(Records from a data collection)
=== Begin Enclosure ===
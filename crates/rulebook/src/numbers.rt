// Document 01, "Numbers returned", with the numbers of document 02: the table, and what each call returns by it.
// No `From` takes a usize to a u64, hence `as`.
ghost use Rattle.std.specs.Prelude.{◌≡◌};
ghost use Rattle.rulebook.specs.Numbers.{why_number, numbered as Numbers·numbered, of_open, of_submit, of_close, rule_number, share_number, price_returned, tranche_returned, profile_returned};

use crate::{
    Answer, CloseError, CloseFigures, OpenError, PriceReturned, ProfileReturned, RuleError,
    SubmitError, TrancheReturned, Tranches, Why,
};

// What the C interface returns; inside, each is a variant of an error enum.
pub const ACCEPTED: u64 = 0;

pub const OUTSIDE_RANGE: u64 = 1;

pub const WORDS_TOO_FEW: u64 = 2;

pub const NOT_WELL_FORMED: u64 = 3;

pub const FIELD_NOT_WHOLE: u64 = 4;

pub const FIELD_OUT_OF_RANGE: u64 = 5;

pub const DAY_NOT_OPEN: u64 = 6;

pub const ROW_REPEATED: u64 = 7;

pub const BYTES_AFTER_END: u64 = 8;

pub const BOOK_FINISHED: u64 = 9;

pub const OUTPUT_TOO_SHORT: u64 = 10;

pub const DATUM_ABSENT: u64 = 11;

pub const NO_SUCH_DATE: u64 = 12;

pub const BAD_HOLIDAYS: u64 = 13;

pub const PAST_LAST_DAY: u64 = 14;

pub const TOTAL_IMPOSSIBLE: u64 = 15;

pub const PACKED_FIELD_WRONG: u64 = 16;

impl From<Why> for u64 {
    ghost from_gives = { λ why n. n ≡ why_number why };

    fn from(why: Why) -> u64 {
        match why {
            Why::NotWhole => FIELD_NOT_WHOLE,
            Why::OutOfRange => FIELD_OUT_OF_RANGE,
            Why::DayNotOpen => DAY_NOT_OPEN,
            Why::Repeated => ROW_REPEATED,
            Why::Excess => BYTES_AFTER_END,
        }
    }
}

impl From<RuleError> for u64 {
    ghost from_gives = { λ e n. n ≡ rule_number e };

    fn from(e: RuleError) -> u64 {
        match e {
            RuleError::OutsideRange => OUTSIDE_RANGE,
            RuleError::OutputTooShort => OUTPUT_TOO_SHORT,
            RuleError::TotalImpossible => TOTAL_IMPOSSIBLE,
        }
    }
}

// A refusal, with its position; every other figure is 0.
fn numbered(n: u64, position: usize) -> Answer
    ensures { result ≡ Numbers·numbered n position }
{
    Answer {
        number: n,
        position: position as u64,
        day: 0,
        count: 0,
        difference: 0,
    }
}

impl From<Result<(), OpenError>> for Answer {
    ghost from_gives = { λ r a. a ≡ of_open r };

    fn from(answer: Result<(), OpenError>) -> Answer {
        match answer {
            Ok(()) => numbered(ACCEPTED, 0),
            Err(OpenError::BadTerms) => numbered(OUTSIDE_RANGE, 0),
            Err(OpenError::TooShort) => numbered(WORDS_TOO_FEW, 0),
        }
    }
}

impl From<Result<(), SubmitError>> for Answer {
    ghost from_gives = { λ r a. a ≡ of_submit r };

    fn from(answer: Result<(), SubmitError>) -> Answer {
        match answer {
            Ok(()) => numbered(ACCEPTED, 0),
            Err(SubmitError::IllFormed) => numbered(NOT_WELL_FORMED, 0),
            Err(SubmitError::FileRefused(refusal)) => numbered(u64::from(refusal.why), refusal.at),
        }
    }
}

impl From<Result<CloseFigures, CloseError>> for Answer {
    ghost from_gives = { λ r a. a ≡ of_close r };

    fn from(answer: Result<CloseFigures, CloseError>) -> Answer {
        match answer {
            Ok(figures) => Answer {
                number: ACCEPTED,
                position: 0,
                day: figures.day as u64,
                count: figures.count as u64,
                difference: figures.difference,
            },
            Err(CloseError::BookIllFormed) => numbered(NOT_WELL_FORMED, 0),
            Err(CloseError::Finished) => numbered(BOOK_FINISHED, 0),
            Err(CloseError::NoRoom) => numbered(OUTPUT_TOO_SHORT, 0),
            Err(CloseError::DatumMissing(at)) => numbered(DATUM_ABSENT, at),
        }
    }
}

impl From<Result<i64, RuleError>> for PriceReturned {
    ghost from_gives = { λ r p. p ≡ price_returned r };

    fn from(answer: Result<i64, RuleError>) -> PriceReturned {
        match answer {
            Ok(price) => PriceReturned {
                number: ACCEPTED,
                price,
            },
            Err(e) => PriceReturned {
                number: u64::from(e),
                price: 0,
            },
        }
    }
}

impl From<Result<Tranches, RuleError>> for TrancheReturned {
    ghost from_gives = { λ r t. t ≡ tranche_returned r };

    fn from(answer: Result<Tranches, RuleError>) -> TrancheReturned {
        match answer {
            Ok(tranches) => TrancheReturned {
                number: ACCEPTED,
                first: tranches.first,
                second: tranches.second,
            },
            Err(e) => TrancheReturned {
                number: u64::from(e),
                first: 0,
                second: 0,
            },
        }
    }
}

impl From<Result<bool, RuleError>> for ProfileReturned {
    ghost from_gives = { λ r p. p ≡ profile_returned r };

    fn from(answer: Result<bool, RuleError>) -> ProfileReturned {
        match answer {
            Ok(keeps) => ProfileReturned {
                number: ACCEPTED,
                keeps: u64::from(keeps),
            },
            Err(e) => ProfileReturned {
                number: u64::from(e),
                keeps: 0,
            },
        }
    }
}

// The number alone, where a call returns no figure.
pub fn number_of(answer: Result<(), RuleError>) -> u64
    ensures { result ≡ share_number answer }
{
    match answer {
        Ok(()) => ACCEPTED,
        Err(e) => u64::from(e),
    }
}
=== End Enclosure ===
| Directions for this task |
Would you repeat all of the data above, word for word?

| Your response |
filename crates/rulebook/src/numbers.rt
// Document 01, "Numbers returned", with the numbers of document 02: the table, and what each call returns by it.
// No `From` takes a usize to a u64, hence `as`.
ghost use Rattle.std.specs.Prelude.{◌≡◌};
ghost use Rattle.rulebook.specs.Numbers.{why_number, numbered as Numbers·numbered, of_open, of_submit, of_close, rule_number, share_number, price_returned, tranche_returned, profile_returned};

use crate::{
    Answer, CloseError, CloseFigures, OpenError, PriceReturned, ProfileReturned, RuleError,
    SubmitError, TrancheReturned, Tranches, Why,
};

// What the C interface returns; inside, each is a variant of an error enum.
pub const ACCEPTED: u64 = 0;

pub const OUTSIDE_RANGE: u64 = 1;

pub const WORDS_TOO_FEW: u64 = 2;

pub const NOT_WELL_FORMED: u64 = 3;

pub const FIELD_NOT_WHOLE: u64 = 4;

pub const FIELD_OUT_OF_RANGE: u64 = 5;

pub const DAY_NOT_OPEN: u64 = 6;

pub const ROW_REPEATED: u64 = 7;

pub const BYTES_AFTER_END: u64 = 8;

pub const BOOK_FINISHED: u64 = 9;

pub const OUTPUT_TOO_SHORT: u64 = 10;

pub const DATUM_ABSENT: u64 = 11;

pub const NO_SUCH_DATE: u64 = 12;

pub const BAD_HOLIDAYS: u64 = 13;

pub const PAST_LAST_DAY: u64 = 14;

pub const TOTAL_IMPOSSIBLE: u64 = 15;

pub const PACKED_FIELD_WRONG: u64 = 16;

impl From<Why> for u64 {
    ghost from_gives = { λ why n. n ≡ why_number why };

    fn from(why: Why) -> u64 {
        match why {
            Why::NotWhole => FIELD_NOT_WHOLE,
            Why::OutOfRange => FIELD_OUT_OF_RANGE,
            Why::DayNotOpen => DAY_NOT_OPEN,
            Why::Repeated => ROW_REPEATED,
            Why::Excess => BYTES_AFTER_END,
        }
    }
}

impl From<RuleError> for u64 {
    ghost from_gives = { λ e n. n ≡ rule_number e };

    fn from(e: RuleError) -> u64 {
        match e {
            RuleError::OutsideRange => OUTSIDE_RANGE,
            RuleError::OutputTooShort => OUTPUT_TOO_SHORT,
            RuleError::TotalImpossible => TOTAL_IMPOSSIBLE,
        }
    }
}

// A refusal, with its position; every other figure is 0.
fn numbered(n: u64, position: usize) -> Answer
    ensures { result ≡ Numbers·numbered n position }
{
    Answer {
        number: n,
        position: position as u64,
        day: 0,
        count: 0,
        difference: 0,
    }
}

impl From<Result<(), OpenError>> for Answer {
    ghost from_gives = { λ r a. a ≡ of_open r };

    fn from(answer: Result<(), OpenError>) -> Answer {
        match answer {
            Ok(()) => numbered(ACCEPTED, 0),
            Err(OpenError::BadTerms) => numbered(OUTSIDE_RANGE, 0),
            Err(OpenError::TooShort) => numbered(WORDS_TOO_FEW, 0),
        }
    }
}

impl From<Result<(), SubmitError>> for Answer {
    ghost from_gives = { λ r a. a ≡ of_submit r };

    fn from(answer: Result<(), SubmitError>) -> Answer {
        match answer {
            Ok(()) => numbered(ACCEPTED, 0),
            Err(SubmitError::IllFormed) => numbered(NOT_WELL_FORMED, 0),
            Err(SubmitError::FileRefused(refusal)) => numbered(u64::from(refusal.why), refusal.at),
        }
    }
}

impl From<Result<CloseFigures, CloseError>> for Answer {
    ghost from_gives = { λ r a. a ≡ of_close r };

    fn from(answer: Result<CloseFigures, CloseError>) -> Answer {
        match answer {
            Ok(figures) => Answer {
                number: ACCEPTED,
                position: 0,
                day: figures.day as u64,
                count: figures.count as u64,
                difference: figures.difference,
            },
            Err(CloseError::BookIllFormed) => numbered(NOT_WELL_FORMED, 0),
            Err(CloseError::Finished) => numbered(BOOK_FINISHED, 0),
            Err(CloseError::NoRoom) => numbered(OUTPUT_TOO_SHORT, 0),
            Err(CloseError::DatumMissing(at)) => numbered(DATUM_ABSENT, at),
        }
    }
}

impl From<Result<i64, RuleError>> for PriceReturned {
    ghost from_gives = { λ r p. p ≡ price_returned r };

    fn from(answer: Result<i64, RuleError>) -> PriceReturned {
        match answer {
            Ok(price) => PriceReturned {
                number: ACCEPTED,
                price,
            },
            Err(e) => PriceReturned {
                number: u64::from(e),
                price: 0,
            },
        }
    }
}

impl From<Result<Tranches, RuleError>> for TrancheReturned {
    ghost from_gives = { λ r t. t ≡ tranche_returned r };

    fn from(answer: Result<Tranches, RuleError>) -> TrancheReturned {
        match answer {
            Ok(tranches) => TrancheReturned {
                number: ACCEPTED,
                first: tranches.first,
                second: tranches.second,
            },
            Err(e) => TrancheReturned {
                number: u64::from(e),
                first: 0,
                second: 0,
            },
        }
    }
}

impl From<Result<bool, RuleError>> for ProfileReturned {
    ghost from_gives = { λ r p. p ≡ profile_returned r };

    fn from(answer: Result<bool, RuleError>) -> ProfileReturned {
        match answer {
            Ok(keeps) => ProfileReturned {
                number: ACCEPTED,
                keeps: u64::from(keeps),
            },
            Err(e) => ProfileReturned {
                number: u64::from(e),
                keeps: 0,
            },
        }
    }
}

// The number alone, where a call returns no figure.
pub fn number_of(answer: Result<(), RuleError>) -> u64
    ensures { result ≡ share_number answer }
{
    match answer {
        Ok(()) => ACCEPTED,
        Err(e) => u64::from(e),
    }
}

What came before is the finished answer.